Friday, 30 May 2008

Insert Some Angry Emo Title Entry

I'm angry and emo for two simple reasons:

1) My Dad and my older sister keep bugging me about this crap coursework deadline that I was supposed to do over the summer. Yes, I know that universoty life is important into work and play, BUT that doesn't mean they should peek into my problem, aside from the "£3000" tution fee excuse.

I just wish my tutor should have given the whole class a better assignment, because robots and futuristic stuff are NOT sort of my cup of tea.

AND

2) That horrible 'Middle-Child-Peer-Pressure' syndrome that got me into emotionally stressful and at times, really depressing and emo. Let me explain: Ever since when I was eight or so, I didn't know that I had to SATs, meaning I was a happy child, until at the tender age of ten that when I found out that I was going to the same grammar school as my older sister, who I shall call her CQ. And then, I never forgave my Dad onwards, because during the summer, that old bastard kept bombing me with those English, Maths and Verbal Reasoning test papers all in one go and my childhood days of being a cheerful one soon ended, because of him. Then, there's the 11-year-old SATs and this is where I started to loathe the tests more in the coming years.

By the time I got accepted into a Grammar School (which is full of snobby type boys that I'll never go out on a date with them), I got depressed that some of the people, including my cousin, are cleverer than me and I thought whether I shouldn't have passed the entrance exam and pleased my Dad.

However, then things starting to turn for the worse. By the time I had done my end-of-year tests at the age 0f 14, I was depressed that my maths results were shit and that I nearly flunked Chemistry, though I did score well in English, Physics and French. And then I didn't realised that I could never be the academic type who likes to sit and concentrate in classrooms later on and when it came to GCSEs, I think that the only subject that I love is art: But my artistic freedom of expression was hampered down by my ex-art teacher who forced me to do stuff that I didn't want to. And when it came to academic types GCSEs, I just lost the will to carry on and my Dad and my older sister keep nagging that studying right now in the middle of an exam period is more important than just blogging your hatred to them (and hopefully none of them are going to read I'm complaining about them). I know they care for me, but I just really hate it when they start asking me the same questions EVERY SECOND!!!

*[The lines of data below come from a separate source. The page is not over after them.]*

//! Tests of a store that prepares a submission or a rename. A failed allocation changes neither the store's sections nor its
//! totals.

ghost use Rattle.std.specs.Prelude.{◌<◌, OnErr};
ghost use Rattle.covtable.specs.Shown.{max_members};

use super::heap::{Call, check_rising, check_rising_by, narrow, widen};
use super::texts::{APART, DOUBLED, JOINED, RENAMED, SMALL};
use super::wrappers::{printed, read};
use super::{check_bytes, made};
use bumpalo::Bump;
use covdata::{Memory, Submission};
use covpacked::PackedSubmission;
use covreport::Choice;
use covstore::Store;
use covtable::{Refuse, Totals};
use std::alloc::Allocator;
use std::process::Abort;
use std::test::*;

/// The totals of an empty store.
const NONE: Totals = Totals {
    lf: 0,
    lh: 0,
    ff: 0,
    fh: 0,
    bf: 0,
    bh: 0,
};

/// The totals of `SMALL`: two lines are found, and one is hit.
const OF_SMALL: Totals = Totals {
    lf: 2,
    lh: 1,
    ff: 0,
    fh: 0,
    bf: 0,
    bh: 0,
};

/// Returns a store with only the submission `given`, and with capacity for another one.
pub(super) fn stored<A: Allocator + Copy>(
    rt: &impl Abort,
    alloc: A,
    given: &Submission<A>,
) -> Store<A>
    ensures { result.members < max_members }
{
    let mut store = Store::new(alloc);
    match store.prepare(alloc, given) {
        Ok(plan) => store.commit(plan),
        Err(_refused) => panic!(rt; "refused with ample memory"),
    }
    store
}

/// Returns a store with only the packed submission `given`.
pub(super) fn stored_packed<A: Allocator + Copy>(
    rt: &impl Abort,
    alloc: A,
    given: &PackedSubmission<A>,
) -> Store<A> {
    let mut store = Store::new(alloc);
    match store.prepare_packed(alloc, given) {
        Ok(plan) => store.commit(plan),
        Err(_refused) => panic!(rt; "refused with ample memory"),
    }
    store
}

/// Returns a store with only the submission of the tracefile `text`.
pub(super) fn holding<A: Allocator + Copy>(rt: &impl Abort, alloc: A, text: &[u8]) -> Store<A> {
    let given = made(rt, read(alloc, text));
    stored(rt, alloc, &given)
}

/// Checks that the store has the totals `totals`, and prints `text`.
fn check_store<A: Allocator + Copy>(
    rt: &impl Abort,
    alloc: A,
    store: &Store<A>,
    text: &[u8],
    totals: Totals,
) {
    assert_eq!(rt; store.totals(), totals);
    let report = made(rt, printed(alloc, store, &Choice::All));
    check_bytes(rt, report.get(), text);
}

/// Adds the submission to the store, or returns the error. Only `prepare` can fail, not `commit`.
fn hold<A: Allocator + Copy>(
    alloc: A,
    store: &mut Store<A>,
    given: &Submission<A>,
) -> Result<(), Refuse<A>>
    requires { store.old.members < max_members }
    ensures { OnErr result (store.new.members < max_members) }
{
    match store.prepare(alloc, given) {
        Ok(plan) => {
            store.commit(plan);
            Ok(())
        }
        Err(refuse) => Err(refuse),
    }
}

/// Adds `SMALL` to the store, and returns whether an allocation failed. The store must print the first of `texts` after a failed
/// allocation, and the second of `texts` at the end.
fn holds<'h>(
    rt: &impl Abort,
    room: usize,
    heap: &'h Bump,
    mut store: Store<&'h Bump>,
    texts: (&[u8], &[u8]),
) -> bool
    requires { store.members < max_members }
{
    let given = made(rt, read(heap, SMALL));
    let totals = store.totals();
    narrow(rt, heap, room);
    let first = hold(heap, &mut store, &given);
    widen(heap);
    let is_refused = first.is_err();
    if let Err(refuse) = first {
        assert!(rt; matches!(refuse, Refuse::Memory));
        check_store(rt, heap, &store, texts.0, totals);
        made(rt, hold(heap, &mut store, &given));
    }
    check_store(rt, heap, &store, texts.1, OF_SMALL);
    is_refused
}

/// Adds `SMALL` to an empty store.
fn first_text(rt: &impl Abort, heap: &Bump, room: usize) -> bool {
    let store = Store::new(heap);
    check_store(rt, heap, &store, b"", NONE);
    holds(rt, room, heap, store, (b"", SMALL))
}

/// Adds `SMALL` to a store that already has the same submission.
fn second_text(rt: &impl Abort, heap: &Bump, room: usize) -> bool {
    let store = stored(rt, heap, &made(rt, read(heap, SMALL)));
    check_store(rt, heap, &store, SMALL, OF_SMALL);
    holds(rt, room, heap, store, (SMALL, DOUBLED))
}

/// The totals of `APART`: one line is found, and hit.
const OF_ONE: Totals = Totals {
    lf: 1,
    lh: 1,
    ff: 0,
    fh: 0,
    bf: 0,
    bh: 0,
};

/// Renames the test `old` to `new`, and returns the number of its sections. Only `prepare_rename` can fail, not `commit_rename`.
fn rename<A: Allocator + Copy>(
    alloc: A,
    store: &mut Store<A>,
    old: &[u8],
    new: &[u8],
) -> Result<u64, Memory> {
    match store.prepare_rename(alloc, old, new) {
        Ok(renaming) => {
            let sections = renaming.sections();
            store.commit_rename(renaming);
            Ok(sections)
        }
        Err(refused) => Err(refused),
    }
}

/// Renames the test `t` as `row` says, in a store with only the tracefile `held`. Returns whether an allocation failed.
fn renames(rt: &impl Abort, heap: &Bump, room: usize, held: &[u8], row: Renamed<'_>) -> bool {
    let mut store = holding(rt, heap, held);
    narrow(rt, heap, room);
    let first = rename(heap, &mut store, b"t", row.new);
    widen(heap);
    let is_refused = first.is_err();
    let sections = match first {
        Ok(sections) => sections,
        Err(_refused) => {
            check_store(rt, heap, &store, held, row.totals);
            made(rt, rename(heap, &mut store, b"t", row.new))
        }
    };
    assert_eq!(rt; sections, 1);
    check_store(rt, heap, &store, row.wanted, row.totals);
    is_refused
}

/// A rename: the new name, the printed report after the rename, and the totals, which must stay the same.
#[derive(Clone, Copy)]
pub(super) struct Renamed<'a> {
    new: &'a [u8],
    wanted: &'a [u8],
    totals: Totals,
}

/// A change of a store.
#[derive(Clone, Copy)]
pub(super) enum Change<'a> {
    First,
    Second,
    /// A rename in a store with only this tracefile.
    Rename(&'a [u8], Renamed<'a>),
}

/// Changes a store with a capacity of `room`, and returns whether an allocation failed.
pub(super) fn is_refused(rt: &impl Abort, heap: &Bump, room: usize, change: Change<'_>) -> bool {
    match change {
        Change::First => first_text(rt, heap, room),
        Change::Second => second_text(rt, heap, room),
        Change::Rename(held, row) => renames(rt, heap, room, held, row),
    }
}

#[test]
fn submissions(rt: HostRuntime) {
    check_rising_by(&rt, 1, 16, &[Call::Store(Change::First)]);
    check_rising(&rt, &[Call::Store(Change::Second)]);
}

/// A rename to a new name.
const TO_NEW: Renamed<'static> = Renamed {
    new: b"v",
    wanted: RENAMED,
    totals: OF_SMALL,
};

/// A rename to the name of another test, which adds up the counts of a line that both tests have.
const TO_OTHER: Renamed<'static> = Renamed {
    new: b"u",
    wanted: JOINED,
    totals: OF_ONE,
};

#[test]
fn renames_of_tests(rt: HostRuntime) {
    check_rising(
        &rt,
        &[
            Call::Store(Change::Rename(SMALL, TO_NEW)),
            Call::Store(Change::Rename(APART, TO_OTHER)),
        ],
    );
}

And then when it came to AS and A2 Levels exams, they still KEEP bugging me like I'm some sort of a teenager refusing to grow up and change my personality!!! And this is where I start to loathe of why I didn't enrolled to a vocational 6th Form college like CQ. Oh, wait. I forgot, my Dad. He always insisting to go on an Academic 6th Form College, but what I realised is that I can never be like him and be a mathematical genius like him (and I start to even loathe more when he found some spiritualism in form of a REALLY Catholic guy and that he acts like some kind of person who is worse than a Jehovah's Witness coming through the door, telling me if I don't believe in God, then it's a one way ticket to Hell (yeah, like that's going to happen. I think I believe that devils and angels are no different to each other and that they like to hang out with each other and play a bit of Wii)) and that he just doesn't get with my unpredictable personality and what I actually feel. Even a help with the Francis House Hospice didn't help, because I hated my Dad for what I actually am.

A poor confused girl, who is looking for alternative paths in the future. I always hate his one-sided view and plus for the fact that I hate him for not accepting me that I'll never be as clever as them and that people with different minds and problems are always good, instead of trying to be clever, only to fail at life. I just hate him that he's trying to put some peer pressure on me and that he's conviced he's right.

I've got one word to him:

F**K OFF YOU OLD T**T! JUST STOP WORRYING ME AT ALL TIMES! I AM A GROWN PERSON WHO DOESN'T NEED SPIRITUALIST HELP FROM SOME CHURCH ORGANISATION THAT I'LL NEVER GOING TO FOLLOW (Yes, that's right. The Vatican's going to destroy humanity by not sending out condoms to Third World countries and thus AIDS spread and eventually killing them) AND CERTAINLY NOT GOING TO ANSWER YOUR QUESTION, BECAUSE IT'S MY PROBLEM AND I SHOULD BE THE ONE SORTING THIS MESS OUT NOT YOU! YOU'VE GOT YOUR OWN PROBLEMS TO DEAL WITH, SO SHUT UP AND LEAVE ME ALONE! THE SAME GOES FOR YOU CQ. YOU MAY KNOW ME FROM THE OUTSIDE AND INSIDE, BUT YOU'LL NEVER SCRATCH THE SURFACE AND FIND WHAT I REALLY FEEL!